We all know that customers can visit multiple websites before completing their purchase. This could be a review site, comparison engine or Youtube video. But the channel we work in is still a traditional last click model. The last affiliate visited is mostly winning the commission in its entirety. I’ve noticed many bloggers becoming disillusioned with the affiliate channel as a result. The effort put in to research, create, and promote content is rarely rewarded with significant commission from that individual article, video or social post. I’d prefer an upfront media fee over the potential of my commission being taken!

Third party tracking tools have evolved to show brands touch points during customer journeys. All affiliate networks need to effectively do the same. Slowly, some have. They can show the journeys between publishers as a customer travels towards checkout. Others show ‘influence’, which is rather arbitrary for me if there is no context. Journey position, time on publishers site etc are all more important. Also, it is crucial for affiliate strategy to know who is taking the last click from a publisher. This feeds in to your affiliate strategy, commission models, recruitment and more. Subsequently, is the need to pay on that influence. If a brand has to pay a bonus to a blogger whilst giving another site the full commission, then this creates additional cost. Most brands will just continue to overlook the bloggers influence rather than incur this new cost.

customer journey

Protecting Margins

The e-commerce landscape is brutal, and new brands are popping up all the time trying to disrupt different verticals. Analysing product margins is one tactic that can help you get, and maintain a competitive advantage.

A particular tool I will focus on to implement this tactic is SKU level commissions. If you have a product range that your margin is really strong on, then it makes sense to maximise. By offering higher commission, bigger discounts or increased cashback, this will help to beat rivals. All private Saas networks that I have tested have this option built in as standard. Do all networks? No! So, if this is a tactic as a brand you want to utilise, then be aware of what network can and can’t do.


This sits alongside recruitment really. I do feel that as a content publisher if a brand reached out to me to join their private network, it would have more gravitas than a network. I feel I would be more inclined to join as it feels handpicked, exclusive and my expectations would be heightened.

Airbnb Affiliate Program


I’m not one that focuses solely on this, as this is only one part of the overall strategy for your affiliate program. Seeing the override on offer from networks in isolation can focus the mind on pure bottom line. What about the potential to make significantly more revenue.

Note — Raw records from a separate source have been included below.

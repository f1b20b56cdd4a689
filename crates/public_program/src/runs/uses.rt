//! A method that calls its task last, used 100,000 times: its hierarchical plan is encoded, the steps are decoded, and what that tells
//! is encoded again. All texts are made here, from the rules for numbers and slots.
use super::decodings::USES;
use super::texts::PROBLEM;
use super::{DECODE, Outside};
use htn_base::Memory;
use htn_cli::{Status, run};
use std::alloc::Global;
use std::process::Abort;
use std::test::Fail;

const COUNT: u32 = 100_000;

const ENCODE: &[&str] = &["encode", "d.hddl", "p.hddl", "plan"];

/// The steps: at each use the action has the second slot.
fn steps(alloc: Global) -> Result<String, Memory> {
    let mut text = String::from_str(alloc, "; slots 2\n(htn_start htn_s1)\n")?;
    for _ in 0..COUNT {
        text.push_str("(htn_m_m htn_s1 htn_s2)\n(a htn_s2)\n")?;
    }
    text.push_str("(htn_m_e htn_s1)\n")?;
    Ok(text)
}

/// The hierarchical plan with the numbers that are told: first those of the actions.
fn numbered(alloc: Global) -> Result<String, Memory> {
    let mut text = String::from_str(alloc, "==>\n")?;
    for action in 0..COUNT {
        text.push_str(&format!(in alloc; "{action} a\n")?)?;
    }
    text.push_str(&format!(in alloc; "root {COUNT}\n")?)?;
    for action in 0..COUNT {
        let task = COUNT + action;
        let next = task + 1;
        text.push_str(&format!(in alloc; "{task} t -> m {action} {next}\n")?)?;
    }
    let last = 2 * COUNT;
    text.push_str(&format!(in alloc; "{last} t -> e\n<==\n")?)?;
    Ok(text)
}

/// The same plan with other numbers, and each task behind its action.
fn mixed(alloc: Global) -> Result<String, Memory> {
    let mut text = String::from_str(alloc, "==>\nroot 1\n")?;
    for use_number in 0..COUNT {
        let action = 2 * use_number;
        let task = action + 1;
        let next = task + 2;
        text.push_str(&format!(in alloc; "{action} a\n{task} t -> m {action} {next}\n")?)?;
    }
    let last = 2 * COUNT + 1;
    text.push_str(&format!(in alloc; "{last} t -> e\n<==\n")?)?;
    Ok(text)
}

/// The run over this plan tells this text.
fn tells(
    rt: &impl Abort,
    alloc: Global,
    command: &[&str],
    plan: &str,
    told: &str,
) -> Result<(), Memory> {
    let mut outside = Outside::new(alloc);
    outside.files.add("d.hddl", USES.as_bytes())?;
    outside.files.add("p.hddl", PROBLEM.as_bytes())?;
    outside.files.add("plan", plan.as_bytes())?;
    let mut words = Vec::new(alloc);
    for word in command {
        words.push(String::from_str(alloc, word)?)?;
    }
    let status = run(
        alloc,
        words.as_slice(),
        &mut outside.files,
        &mut outside.out,
        &mut outside.err,
    );
    assert_eq!(rt; status, Status::Done);
    assert!(rt; outside.out.bytes() == told.as_bytes());
    Ok(())
}

#[test]
fn there_and_back(rt: HostRuntime) -> Result<(), Fail> {
    let steps = steps(rt.alloc())?;
    let numbered = numbered(rt.alloc())?;
    let mixed = mixed(rt.alloc())?;
    tells(&rt, rt.alloc(), ENCODE, mixed.as_str(), steps.as_str())?;
    tells(&rt, rt.alloc(), DECODE, steps.as_str(), numbered.as_str())?;
    tells(&rt, rt.alloc(), ENCODE, numbered.as_str(), steps.as_str())?;
    Ok(())
}
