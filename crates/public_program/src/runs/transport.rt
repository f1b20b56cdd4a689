//! A printed problem with four slots, in conjunctions of literals: vehicle `v` is to get from `a` to `b`, over as many roads
//! as it likes. At each road the task is decomposed by `m` and its first subtask, the drive `d`, is done. Names have one
//! letter, so that a million steps are no longer than a text may be.
use super::validations::ends;
use super::{Before, Source};
use htn_cli::Status;

const DOMAIN: &str = concat!(
    "(define (domain d) (:types slot other - object location vehicle - other)",
    " (:constants a b c - location v w - vehicle p q r s - slot)",
    " (:predicates (road ?from - location ?to - location) (at ?v - vehicle ?l - location) (top ?h - slot) (free ?h - slot) (before ?x - slot ?h - slot)",
    " (get_to ?h - slot ?v - vehicle ?to - location) (drive ?h - slot ?v - vehicle ?from - location ?to - location))",
    // the top task becomes that of getting to `b`
    " (:action o :parameters (?h - slot) :precondition (and (top ?h) (not (before p ?h)) (not (before q ?h)) (not (before r ?h)) (not (before s ?h))) :effect (and (not (top ?h)) (get_to ?h v b)))",
    // getting to a place becomes a drive and then getting there
    " (:action m :parameters (?h - slot ?g - slot ?v - vehicle ?from - location ?over - location ?to - location)",
    " :precondition (and (get_to ?h ?v ?to) (free ?g) (not (before p ?h)) (not (before q ?h)) (not (before r ?h)) (not (before s ?h)))",
    " :effect (and (not (get_to ?h ?v ?to)) (not (free ?g)) (drive ?g ?v ?from ?over) (get_to ?h ?v ?to) (before ?g ?h)))",
    // the vehicle is where it is to get to
    " (:action e :parameters (?h - slot ?v - vehicle ?to - location)",
    " :precondition (and (get_to ?h ?v ?to) (at ?v ?to) (not (before p ?h)) (not (before q ?h)) (not (before r ?h)) (not (before s ?h)))",
    " :effect (and (not (get_to ?h ?v ?to)) (free ?h) (not (before ?h p)) (not (before ?h q)) (not (before ?h r)) (not (before ?h s))))",
    " (:action d :parameters (?h - slot ?v - vehicle ?from - location ?to - location)",
    " :precondition (and (drive ?h ?v ?from ?to) (at ?v ?from) (road ?from ?to) (not (before p ?h)) (not (before q ?h)) (not (before r ?h)) (not (before s ?h)))",
    " :effect (and (not (drive ?h ?v ?from ?to)) (not (at ?v ?from)) (at ?v ?to) (free ?h) (not (before ?h p)) (not (before ?h q)) (not (before ?h r)) (not (before ?h s)))))",
);

const PROBLEM: &str = concat!(
    "(define (problem p)",
    " (:init (top p) (free q) (free r) (free s) (road a b) (road b a) (road b c) (road c b) (at v a) (at w c))",
    " (:goal (and (free p) (free q) (free r) (free s))))",
);

const THERE: &str = "(m p q v a b b)(d q v a b)";

const THERE_AND_BACK: &str = "(m p q v a b b)(d q v a b)(m p q v b a b)(d q v b a)";

/// The vehicle starts, drives an odd number of times, and is there.
#[test]
fn a_million_steps(rt: HostRuntime) {
    let before = Before::Plan(
        Source::Text(DOMAIN),
        Source::Text(PROBLEM),
        Source::Times(&[
            ("(o p)", 1),
            (THERE_AND_BACK, 249_999),
            (THERE, 1),
            ("(e p v b)", 1),
        ]),
    );
    ends(&rt, rt.alloc(), before, Status::Done, "");
}

/// Without the last drive the vehicle is not there.
#[test]
fn two_steps_less(rt: HostRuntime) {
    let before = Before::Plan(
        Source::Text(DOMAIN),
        Source::Text(PROBLEM),
        Source::Times(&[("(o p)", 1), (THERE_AND_BACK, 249_999), ("(e p v b)", 1)]),
    );
    let line = "not a plan: step 999998 Condition\n";
    ends(&rt, rt.alloc(), before, Status::Finding, line);
}
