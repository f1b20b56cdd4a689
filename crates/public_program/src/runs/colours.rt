//! A problem of two objects, `a - box` and `b - thing`: at first `a` is red and `b` is blue. Truth of goals, the states after
//! effects, and plans. Each answer was worked out by hand.
use super::validations::ends;
use super::{Before, Source};
use htn_cli::Status;
use std::alloc::Global;
use std::process::Abort;

/// The domain's beginning. Box and bag are parts of thing, and no object is a bag.
const COLOURS: &str =
    "(define (domain d) (:types thing - object box bag - thing) (:constants a - box b - thing) (:predicates (red ?x) (blue ?x))";

fn ends_coloured(
    rt: &impl Abort,
    alloc: Global,
    domain: Source,
    goal: &'static str,
    plan: &'static str,
    err: &'static str,
) {
    let problem = Source::Between(
        "(define (problem p) (:init (red a) (blue b)) (:goal ",
        goal,
        "))",
    );
    let status = if err.is_empty() {
        Status::Done
    } else {
        Status::Finding
    };
    let before = Before::Plan(domain, problem, Source::Text(plan));
    ends(rt, alloc, before, status, err);
}

/// The line for a goal that is true or not behind the steps before this one.
fn line(truth: bool, line: &'static str) -> &'static str {
    if truth { "" } else { line }
}

/// Goals, and whether they are true at first.
const TRUTHS: &[(&str, bool)] = &[
    ("(not (= a b))", true),
    ("(not (= a a))", false),
    ("(and (= a b) (= a b))", false),
    ("(and (= a b) (= a a))", false),
    ("(and (= a a) (= a b))", false),
    ("(and (= a a) (= a a))", true),
    ("(or (= a b) (= a b))", false),
    ("(or (= a b) (= a a))", true),
    ("(or (= a a) (= a b))", true),
    ("(or (= a a) (= a a))", true),
    ("(imply (= a b) (= a b))", true),
    ("(imply (= a b) (= a a))", true),
    ("(imply (= a a) (= a b))", false),
    ("(imply (= a a) (= a a))", true),
    ("(and)", true),
    ("(or)", false),
    // Of boxes `a` alone, which is red; of things `a` and `b`; of bags none.
    ("(forall (?x - box) (red ?x))", true),
    ("(exists (?x - box) (red ?x))", true),
    ("(forall (?x - box) (blue ?x))", false),
    ("(exists (?x - box) (blue ?x))", false),
    ("(forall (?x - thing) (red ?x))", false),
    ("(exists (?x - thing) (red ?x))", true),
    ("(forall (?x - thing) (blue ?x))", false),
    ("(exists (?x - thing) (blue ?x))", true),
    ("(forall (?x - bag) (red ?x))", true),
    ("(exists (?x - bag) (red ?x))", false),
];

#[test]
fn truths(rt: HostRuntime) {
    for (goal, truth) in TRUTHS {
        let domain = Source::Between(COLOURS, ")", "");
        let err = line(*truth, "not a plan: step 1 GoalFalse\n");
        ends_coloured(&rt, rt.alloc(), domain, goal, "", err);
    }
}

/// The domain's beginning, up to the effect of an action without parameters.
const PAINTED: &str =
    "(define (domain d) (:types thing - object box bag - thing) (:constants a - box b - thing) (:predicates (red ?x) (blue ?x)) (:action paint :parameters () :effect ";

/// Effects, and goals that are true or not after them. An add wins over a delete, `when` is tested in the old state, and
/// `forall` is of each object of the type.
const EFFECTS: &[(&str, &str, bool)] = &[
    ("(and (and) (and))", "(red a)", true),
    ("(and (and) (and))", "(red b)", false),
    ("(and (and (red b)) (and))", "(red b)", true),
    ("(and (and (not (red a))) (and))", "(red a)", false),
    ("(and (and (not (red a))) (and))", "(blue b)", true),
    ("(and (and (red b) (not (red b))) (and))", "(red b)", true),
    ("(and (and (not (red a)) (red a)) (and))", "(red a)", true),
    (
        "(and (and) (when (red a) (and (blue a))))",
        "(blue a)",
        true,
    ),
    (
        "(and (and) (when (red b) (and (blue a))))",
        "(blue a)",
        false,
    ),
    (
        "(and (and (not (red a))) (when (red a) (and (blue a))))",
        "(blue a)",
        true,
    ),
    (
        "(and (and (red b)) (when (red b) (and (blue a))))",
        "(blue a)",
        false,
    ),
    (
        "(and (and) (forall (?x - thing) (and (red ?x))))",
        "(red b)",
        true,
    ),
    (
        "(and (and) (forall (?x - thing) (and (not (red ?x)))))",
        "(red a)",
        false,
    ),
    (
        "(and (and) (forall (?x - thing) (and (not (blue ?x)))))",
        "(blue b)",
        false,
    ),
    (
        "(and (and) (forall (?x - box) (and (blue ?x))))",
        "(blue a)",
        true,
    ),
    (
        "(and (and) (forall (?x - box) (and (not (blue ?x)))))",
        "(blue b)",
        true,
    ),
    (
        "(and (and) (forall (?x - bag) (and (not (red ?x)))))",
        "(red a)",
        true,
    ),
];

#[test]
fn effects(rt: HostRuntime) {
    for (effect, goal, truth) in EFFECTS {
        let domain = Source::Between(PAINTED, effect, "))");
        let err = line(*truth, "not a plan: step 2 GoalFalse\n");
        ends_coloured(&rt, rt.alloc(), domain, goal, "(paint)", err);
    }
}

/// A thing is painted red and no longer blue, where it was not red or was blue. A red box is washed, and then nothing is red. A
/// thing is marked blue where it is red, and some box must be red.
const PAINTING: &str = concat!(
    "(:action paint :parameters (?x - thing) :precondition (imply (red ?x) (blue ?x)) :effect (and (red ?x) (not (blue ?x))))",
    "(:action wash :parameters (?x - box) :precondition (red ?x) :effect (and (and) (forall (?y - thing) (and (not (red ?y))))))",
    "(:action mark :parameters (?x - thing) :precondition (exists (?y - box) (red ?y)) :effect (and (and) (when (red ?x) (and (blue ?x))))))",
);

/// Lists of steps until `a` is blue, and why they are no plans. Where two causes are there, the first of action, arguments and
/// condition is told: `b` is no box and not red.
const PLANS: &[(&str, &str)] = &[
    ("(mark a)", ""),
    ("(mark b) (mark a)", ""),
    ("(wash a) (paint a) (mark a)", ""),
    ("", "not a plan: step 1 GoalFalse\n"),
    ("(wash a)", "not a plan: step 2 GoalFalse\n"),
    ("(mark a) (paint a)", "not a plan: step 3 GoalFalse\n"),
    ("(paint a)", "not a plan: step 1 Condition\n"),
    (
        "(mark b) (wash a) (mark a)",
        "not a plan: step 3 Condition\n",
    ),
    (
        "(wash a) (paint b) (mark b)",
        "not a plan: step 3 Condition\n",
    ),
    ("(dry a)", "not a plan: step 1 UnknownAction\n"),
    ("(a a)", "not a plan: step 1 UnknownAction\n"),
    ("(dry c)", "not a plan: step 1 UnknownAction\n"),
    ("(paint)", "not a plan: step 1 Arguments\n"),
    ("(paint b b)", "not a plan: step 1 Arguments\n"),
    ("(paint c)", "not a plan: step 1 Arguments\n"),
    ("(paint paint)", "not a plan: step 1 Arguments\n"),
    ("(wash b)", "not a plan: step 1 Arguments\n"),
];

#[test]
fn plans(rt: HostRuntime) {
    for (plan, err) in PLANS {
        let domain = Source::Between(COLOURS, PAINTING, "");
        ends_coloured(&rt, rt.alloc(), domain, "(blue a)", plan, err);
    }
}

That being said, as Saas platforms come with no dedicated account management, obviously there is a cost saving to be had. Without the resources in-house or an external agency to manage the program, then the cost saving is irrelevant. You just won’t be able to generate significant revenue to make it worthwhile. Networks charge an override or monthly fee so that they can offer a level of service to their brands. Whether that service is adhered to, and if you see the value varies. My experience, has been mixed. I have had some fantastic network management but also some very poor support.


There is no one definitive answer as to whether you should be working with a traditional network or taking the plunge with a private affiliate network. Circumstances play a major part, as you’d expect. If your resources are limited, then having a traditional network account management team can be vital in maintaining a strong affiliate program. Working with an external agency or have a dedicated in-house team? Then, I would say that a private network could be ideal. But, take into account your brand positioning and current awareness. It can be difficult to persuade publishers to sign up to yet another network if they feel they won’t gain anything extra from it. If you have the pull, and can offer them good commission rates, payment on influence, additional content, invites to special brand events etc. Then this can all help to create a vibrant private affiliate program.